- Directed by: Mitsuyo Seo
- Written by: Mitsuyo Seo
- Music by: Noboru Itō
- Release date: 25 March 1943;
- Running time: 37 minutes
- Country: Japan
- Language: Japanese

= Momotarō's Sea Eagles =

1943 Japanese animated film

Momotarō's Sea Eagles

Momotarō's Sea Eagles (桃太郎の海鷲, Momotarō no Umiwashi) is a Japanese animated propaganda film produced in 1942 by Geijutsu Eigasha and released on 25 March 1943. With a running time of 37 minutes, it was close to being a feature-length film.

A DVD version without English subtitles was released in Japan by the bookstore chain Kinokuniya Shoten in 2004; a version with English subtitles was released in the United States by Zakka Films in 2009.

Although recorded as being produced with the cooperation of the Japanese Naval Ministry, there was in fact no such cooperation (due to concerns about official military secrets). However, the Japanese Imperial Navy did endorse the film .

Featuring the "Peach Boy" character of Japanese folklore, the film was aimed at children, and tells the story of a naval unit consisting of the young boy Momotarō and several animal species representing the Far Eastern races fighting together for a common goal. In a dramatization of the attack on Pearl Harbor, the force attacks the demons at the appropriately named island of Onigashima ('Demon Island', which represents the British and American military). The film also utilizes actual footage of the Pearl Harbor attack. A sequel, Momotaro: Sacred Sailors, was released in 1945, which was the first full-length Japanese animated film.

== Plot ==
The film opens on board an aircraft carrier on rough waters, with squadrons of monkeys, pheasants, and dogs preparing their planes for war. These animals are not perfect soldiers however; they act in a silly way, giving them a very human feel. At the center stands the stoic and heroic Momotaro, giving orders to the animals, who board their planes and take off. The flight to Hawaii passes without incident, apart from a monkey helping a lost baby bird find its parent.

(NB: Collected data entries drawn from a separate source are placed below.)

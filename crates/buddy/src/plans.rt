// What each call comes to: the gate, and then the tests behind it. Reads only.
ghost use Rattle.std.specs.Prelude.{◌≡◌};
ghost use Rattle.counter.specs.Gate.{verdict_of};
ghost use Rattle.store_rules.specs.Outcomes.{list_ok};
ghost use Rattle.store_rules.proofs.Holders.{holding, holder};
ghost use Rattle.returning.specs.Backs.{back_of};
ghost use Rattle.buddy_rules.specs.Tables.{tables};
ghost use Rattle.buddy_outcomes.specs.Ask.{plan_ask};
ghost use Rattle.buddy_outcomes.specs.Deliver.{plan_deliver};
ghost use Rattle.buddy_outcomes.specs.Return.{plan_return};
ghost use Rattle.buddy_outcomes.specs.SetUp.{plan_set_up};
ghost use Rattle.buddy_decide.specs.Plans.{plan_of, Planned};
ghost use Rattle.buddy.specs.Deliveries.{delivery_of};
ghost use Rattle.buddy.specs.Ready.{Delivers};

use buddy_decide::{Buying, Plan, Tried};
use buddy_rules::BuddyView;
use counter::{Block, BuddySettings, OpenOrder, Outcome, Refusal};
use store::Coming;
use store_rules::Share;

pub fn plan_set_up(
    s: BuddySettings,
    head: &[u64],
    loans: &[u64],
    chunks: &[u64],
    index: &[u64],
    tree: &[u64],
) -> Result<(), Refusal>
    ensures { verdict_of result ≡ plan_set_up s (tables head.now loans.now chunks.now index.now tree.now) }
{
    if buddy_gate::is_fit(s, head, loans, chunks, index, tree) {
        return Ok(());
    }
    Err(Refusal::Setup)
}

// Heap, objects and chunks are looked at only where a chunk is needed.
pub fn plan_ask(
    s: BuddySettings,
    share: Share,
    size: u64,
    mask: u64,
    head: &[u64],
    loans: &[u64],
    chunks: &[u64],
    index: &[u64],
    tree: &[u64],
) -> Result<Plan, Refusal>
    ensures result_value { plan_of result ≡ plan_ask s (holder s.store share) size mask (tables head.now loans.now chunks.now index.now tree.now) }
    ensures planned { Planned s size mask (tables head.now loans.now chunks.now index.now tree.now) result }
{
    buddy_gate::gate(s, share, true, head, loans, chunks, index, tree)?;
    let v = BuddyView {
        settings: s,
        head,
        loans,
        chunks,
        index,
        tree,
    };
    match buddy_decide::try_held(&v, size, mask)? {
        Tried::Take(t) => Ok(Plan::Take(t)),
        Tried::Need(n) => buddy_decide::decide_buy(&v, share.heap, share.objects, n),
    }
}

// What a delivery comes to, with what its kept ask needs; a shut gate has no buying.
pub fn plan_deliver(
    s: BuddySettings,
    share: Share,
    order: OpenOrder,
    o: Outcome,
    head: &[u64],
    loans: &[u64],
    chunks: &[u64],
    index: &[u64],
    tree: &[u64],
) -> Result<(Coming, Buying), Refusal>
    ensures result_value { delivery_of result ≡ plan_deliver s (holding s.store share order) o (tables head.now loans.now chunks.now index.now tree.now) }
    ensures delivers { Delivers s (tables head.now loans.now chunks.now index.now tree.now) result }
{
    let b = buddy_gate::gate_delivery(s, share, order, head, loans, chunks, index, tree)?;
    let coming = buddy_decide::decide_delivery(order, o, chunks)?;
    Ok((coming, b))
}

// The release list has to hold the chunk limit.
pub fn plan_return(
    s: BuddySettings,
    share: Share,
    b: Block,
    head: &[u64],
    loans: &[u64],
    chunks: &[u64],
    index: &[u64],
    tree: &[u64],
    list: &[u64],
) -> Result<usize, Refusal>
    ensures { back_of result ≡ plan_return s (holder s.store share) b (tables head.now loans.now chunks.now index.now tree.now) (list_ok s.store list.now) }
{
    let long = s.store.chunks <= list.len();
    buddy_gate::gate(s, share, long, head, loans, chunks, index, tree)?;
    buddy_decide::decide_return(s, b, loans, index)
}
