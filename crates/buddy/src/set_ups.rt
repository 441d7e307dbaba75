// Set-up: a store with nothing in it.
ghost use Rattle.std.specs.Prelude.{◌≡◌};
ghost use Rattle.counter.specs.Paper.{set_up_said};
ghost use Rattle.buddy_rules.specs.Tables.{tables};
ghost use Rattle.buddy_outcomes.specs.SetUp.{begun, set_up_of};

use counter::{BuddySettings, Refused};

pub fn set_up(
    s: BuddySettings,
    head: &mut [u64],
    loans: &mut [u64],
    chunks: &mut [u64],
    index: &mut [u64],
    tree: &mut [u64],
) -> Result<(), Refused>
    ensures { begun (set_up_said result) (tables head.new loans.new chunks.new index.new tree.new) ≡ set_up_of s (tables head.old loans.old chunks.old index.old tree.old) }
{
    let plan = crate::plans::plan_set_up(s, head, loans, chunks, index, tree);
    crate::carries::carry_set_up(s, plan, head, loans, chunks, index, tree)
}
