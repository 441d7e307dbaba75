// A return: the gate and its test, and then it is carried out.
ghost use Rattle.std.specs.Prelude.{◌≡◌};
ghost use Rattle.counter.specs.Paper.{release_said};
ghost use Rattle.store_rules.specs.Outcomes.{listed};
ghost use Rattle.buddy_rules.specs.Tables.{tables};
ghost use Rattle.buddy_outcomes.specs.Return.{return_of};

use counter::{Account, Block, BuddySettings, Released};

// A block comes back. The memory number of its chunk, where that goes, then stands at the front of `list`.
pub fn return_block(
    s: BuddySettings,
    a: Account,
    b: Block,
    head: &[u64],
    loans: &mut [u64],
    chunks: &mut [u64],
    index: &mut [u64],
    tree: &mut [u64],
    list: &mut [u64],
) -> Released
    ensures { listed (release_said result.answer) result.account (tables head.now loans.new chunks.new index.new tree.new) list.new ≡ return_of s a b (tables head.now loans.old chunks.old index.old tree.old) list.old }
{
    let own = s.store;
    let share = store_accounts::share_of(own, a);
    let r = crate::calls::return_block(s, share, b, head, loans, chunks, index, tree, list);
    store::released(own, a, r)
}
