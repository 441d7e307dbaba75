// A delivery: the chunk is added and lent from, or the order is lost. Either way the levels are as the order raised them.
ghost use Rattle.std.specs.Prelude.{◌≡◌};
ghost use Rattle.counter.specs.Paper.{deliver_said};
ghost use Rattle.store_rules.specs.Outcomes.{out};
ghost use Rattle.buddy_rules.specs.Tables.{tables};
ghost use Rattle.buddy_outcomes.specs.Deliver.{deliver_of};

use counter::{Account, BuddySettings, Delivered, Outcome};

pub fn deliver(
    s: BuddySettings,
    a: Account,
    o: Outcome,
    head: &mut [u64],
    loans: &mut [u64],
    chunks: &mut [u64],
    index: &mut [u64],
    tree: &mut [u64],
) -> Delivered
    ensures { out (deliver_said result.answer) result.account (tables head.new loans.new chunks.new index.new tree.new) ≡ deliver_of s a o (tables head.old loans.old chunks.old index.old tree.old) }
{
    let own = s.store;
    let share = store_accounts::share_of(own, a);
    let order = a.order;
    let r = crate::calls::deliver(s, share, order, o, head, loans, chunks, index, tree);
    store::delivered(own, a, r)
}
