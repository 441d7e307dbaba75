// What was planned, carried out: the tables written, and answered.
ghost use Rattle.std.specs.Prelude.{◌≡◌, List, [], ℕ, Ok};
ghost use Rattle.counter.specs.Gate.{verdict_of};
ghost use Rattle.counter.specs.Paper.{number_of, free_of, set_up_said, ask_said, deliver_said, release_said};
ghost use Rattle.counter.specs.declared.account.Account.{Account};
ghost use Rattle.counter.specs.Open as Open;
ghost use Rattle.store_rules.specs.Delivery.{kept, lost};
ghost use Rattle.store_rules.specs.Outcomes.{out, listed};
ghost use Rattle.store_rules.specs.Shares.{ask_left};
ghost use Rattle.store_rules.proofs.Holders.{holding, holder};
ghost use Rattle.store.specs.Comings.{coming_of};
ghost use Rattle.returning.specs.Backs.{back_of};
ghost use Rattle.buddy_rules.specs.Tables.{tables};
ghost use Rattle.buddy_outcomes.specs.Ask.{carry_ask};
ghost use Rattle.buddy_outcomes.specs.Deliver.{carry_fate, carry_deliver};
ghost use Rattle.buddy_outcomes.specs.Return.{carry_return};
ghost use Rattle.buddy_outcomes.specs.SetUp.{begun, carry_set_up};
ghost use Rattle.buddy_decide.specs.Plans.{plan_of, Planned};
ghost use Rattle.buddy.specs.Deliveries.{delivery_of};
ghost use Rattle.buddy.specs.Ready.{SetUpReady, AskReady, KeepReady, LoseReady, ComingReady, DeliverReady, ReturnReady};

use buddy_decide::{Buying, Plan};
use counter::{Block, BuddySettings, Granted, KeptOrder, OpenOrder, Refusal, Refused};
use store::{Coming, Loss};
use store_rules::{DeliveredShare, ReleasedShare, Share};

pub fn carry_set_up(
    s: BuddySettings,
    plan: Result<(), Refusal>,
    head: &mut [u64],
    loans: &mut [u64],
    chunks: &mut [u64],
    index: &mut [u64],
    tree: &mut [u64],
) -> Result<(), Refused>
    requires { SetUpReady s (tables head.old loans.old chunks.old index.old tree.old) plan }
    ensures { begun (set_up_said result) (tables head.new loans.new chunks.new index.new tree.new) ≡ carry_set_up s (tables head.old loans.old chunks.old index.old tree.old) (verdict_of plan) }
{
    match plan {
        Err(refusal) => Err(Refused {
            refusal: refusal,
            free: None,
        }),
        Ok(()) => {
            buddy_grow::fresh(s, head, loans, chunks, index, tree);
            Ok(())
        }
    }
}

// Whatever the account, the chunks, and the size and mask that this is the plan of.
pub fn carry_ask(
    s: BuddySettings,
    plan: Result<Plan, Refusal>,
    head: &mut [u64],
    loans: &mut [u64],
    index: &mut [u64],
    tree: &mut [u64],
) -> Result<Granted, Refused>
    requires { AskReady s (tables head.old loans.old [] index.old tree.old) plan }
    ensures { (a : Account) (size mask : ℕ) (chunks : List ℕ) → Planned s size mask (tables head.old loans.old chunks index.old tree.old) plan → out (ask_said result) (ask_left a size mask (ask_said result)) (tables head.new loans.new chunks index.new tree.new) ≡ carry_ask s a size mask (tables head.old loans.old chunks index.old tree.old) (plan_of plan) }
{
    match plan {
        Err(refusal) => store::refuse_ask(refusal),
        Ok(found) => match found {
            Plan::Lack(levels) => {
                buddy_grow::grow(s, levels, head, tree);
                store::refuse_ask(Refusal::Objects)
            }
            Plan::Take(t) => {
                let level = t.level as usize;
                let from = t.from as usize;
                let l = buddy_lend::lend(
                    s, t.size, level, from, t.pair, t.loan, loans, index, tree,
                );
                store::answer_block(l)
            }
            Plan::Buy(b) => {
                buddy_grow::grow(s, b.levels, head, tree);
                store::answer_order(s.store, b.order)
            }
        },
    }
}

// The memory is a chunk, whose left end serves the kept ask.
fn keep_chunk(
    s: BuddySettings,
    share: Share,
    k: KeptOrder,
    memory: u64,
    b: Buying,
    head: &mut [u64],
    loans: &mut [u64],
    chunks: &mut [u64],
    index: &mut [u64],
    tree: &mut [u64],
) -> DeliveredShare
    requires { KeepReady s k memory (tables head.old loans.old chunks.old index.old tree.old) b }
    ensures { (order : Open.OpenOrder) → out (deliver_said result.answer) (holding s.store result.share result.order) (tables head.new loans.new chunks.new index.new tree.new) ≡ carry_fate s (holding s.store share order) k (tables head.old loans.old chunks.old index.old tree.old) (kept memory) }
{
    let order = k.order;
    let loan = b.loan;
    let chunk = b.chunk;
    buddy_grow::grow(s, b.levels, head, tree);
    let charged = store_accounts::charged(share, order.size);
    let l = buddy_lend::serve(
        s,
        b.size,
        b.level as usize,
        loan,
        chunk,
        memory,
        order.size,
        head,
        loans,
        chunks,
        index,
        tree,
    );
    store::deliver_block(charged, l)
}

// The order is closed by a failure, and leaves so many levels.
fn lose(
    s: BuddySettings,
    share: Share,
    k: KeptOrder,
    l: Loss,
    levels: u64,
    head: &mut [u64],
    tree: &mut [u64],
) -> DeliveredShare
    requires { LoseReady s k (tables head.old [] [] [] []) levels }
    ensures { (order : Open.OpenOrder) → out (deliver_said result.answer) (holding s.store result.share result.order) (tables head.new [] [] [] tree.new) ≡ carry_fate s (holding s.store share order) k (tables head.old [] [] [] tree.old) (lost (number_of l.refusal) l.charged (free_of l.free)) }
{
    buddy_grow::grow(s, levels, head, tree);
    store::lose_order(share, k, l)
}

// Kept or lost, the levels are as the order raised them.
fn carry_coming(
    s: BuddySettings,
    share: Share,
    order: OpenOrder,
    coming: Coming,
    b: Buying,
    head: &mut [u64],
    loans: &mut [u64],
    chunks: &mut [u64],
    index: &mut [u64],
    tree: &mut [u64],
) -> DeliveredShare
    requires { ComingReady s (tables head.old loans.old chunks.old index.old tree.old) b coming }
    ensures { out (deliver_said result.answer) (holding s.store result.share result.order) (tables head.new loans.new chunks.new index.new tree.new) ≡ carry_deliver s (holding s.store share order) (tables head.old loans.old chunks.old index.old tree.old) (coming_of (Ok coming)) }
{
    match coming {
        Coming::Keep(c) => keep_chunk(
            s, share, c.kept, c.memory, b, head, loans, chunks, index, tree,
        ),
        Coming::Lose(c) => lose(s, share, c.kept, c.loss, b.levels, head, tree),
    }
}

pub fn carry_deliver(
    s: BuddySettings,
    share: Share,
    order: OpenOrder,
    plan: Result<(Coming, Buying), Refusal>,
    head: &mut [u64],
    loans: &mut [u64],
    chunks: &mut [u64],
    index: &mut [u64],
    tree: &mut [u64],
) -> DeliveredShare
    requires { DeliverReady s (tables head.old loans.old chunks.old index.old tree.old) plan }
    ensures { out (deliver_said result.answer) (holding s.store result.share result.order) (tables head.new loans.new chunks.new index.new tree.new) ≡ carry_deliver s (holding s.store share order) (tables head.old loans.old chunks.old index.old tree.old) (delivery_of plan) }
{
    match plan {
        Err(r) => store::refuse_delivery(share, order, r),
        Ok((coming, b)) => {
            carry_coming(s, share, order, coming, b, head, loans, chunks, index, tree)
        }
    }
}

// The memory number of the block's chunk, where that goes, then stands at the front of `list`.
pub fn carry_return(
    s: BuddySettings,
    share: Share,
    b: Block,
    plan: Result<usize, Refusal>,
    head: &[u64],
    loans: &mut [u64],
    chunks: &mut [u64],
    index: &mut [u64],
    tree: &mut [u64],
    list: &mut [u64],
) -> ReleasedShare
    requires { ReturnReady s share b (tables head.now loans.old chunks.old index.old tree.old) plan }
    ensures { listed (release_said result.answer) (holder s.store result.share) (tables head.now loans.new chunks.new index.new tree.new) list.new ≡ carry_return s (holder s.store share) b (tables head.now loans.old chunks.old index.old tree.old) list.old (back_of plan) }
{
    match plan {
        Err(refusal) => store::refuse_return(share, refusal),
        Ok(at) => {
            let f = buddy_back::take_back(s, b, at, head, loans, chunks, index, tree, list);
            store::settle(share, f.count, f.bytes)
        }
    }
}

The animals arrive and the attack begins. The soldiers aboard the ships docked in Pearl Harbor panic and scramble, trying to flee; as evidenced by a large amount of bottles lying around, some are too drunk to move or think properly. The main soldier shown is stupid, overweight, and cowardly. As the attack continues, some monkeys go on land to destroy American planes. The main American soldier literally shakes the red and blue off the American flag to wave it as a white flag of surrender. Pearl Harbor is left in smoking ruins as the animals return to the aircraft carrier to celebrate.

== Propaganda use ==
The Japanese government used the character of Momotaro as the hero because the story (dating back to the Edo period) was extremely well known in Japan – comparable to the Three Little Pigs in Western countries. In the film, Momotaro and the animal characters were not only lovable but were already known for their heroic personality traits. The "pretty characters and comical battle scenes enabled Japanese citizens to watch a war movie without hesitation". In addition, the original story features Momotaro and his companions travelling to a demon-inhabited island, which this film replaced with the American-infested Hawaii, creating a direct link between foreigners and evil creatures.

From 1942 to 1945, "national policy films" (AKA propaganda films) made up a large percentage of Japanese cinema. Momotaro's Sea Eagles was an extremely successful example of this, and was especially popular among young children. The 37-minute film was so well received that a 74-minute sequel, Momotaro's Divine Sea Warriors, was released in 1945. The cute and entertaining sequel – in which no fatalities are shown – was intended to give the war a soft, righteous feel.

==National stereotypes depicted in the film==
The fictional character Bluto, the main antagonist of the Popeye cartoons, makes an appearance in this film as a stereotypical drunk. This is one of a number of examples of Axis nations using American cartoon characters to portray the United States in animated films, just as the Allied forces used Hitler, Mussolini, and Emperor Hirohito, as well as Nazis and Japanese soldiers in their propaganda films.

==Trivia==
The film is predated by two years by the Chinese production Princess Iron Fan, which was 73 minutes long and is therefore recognised as the first Asian animated feature film.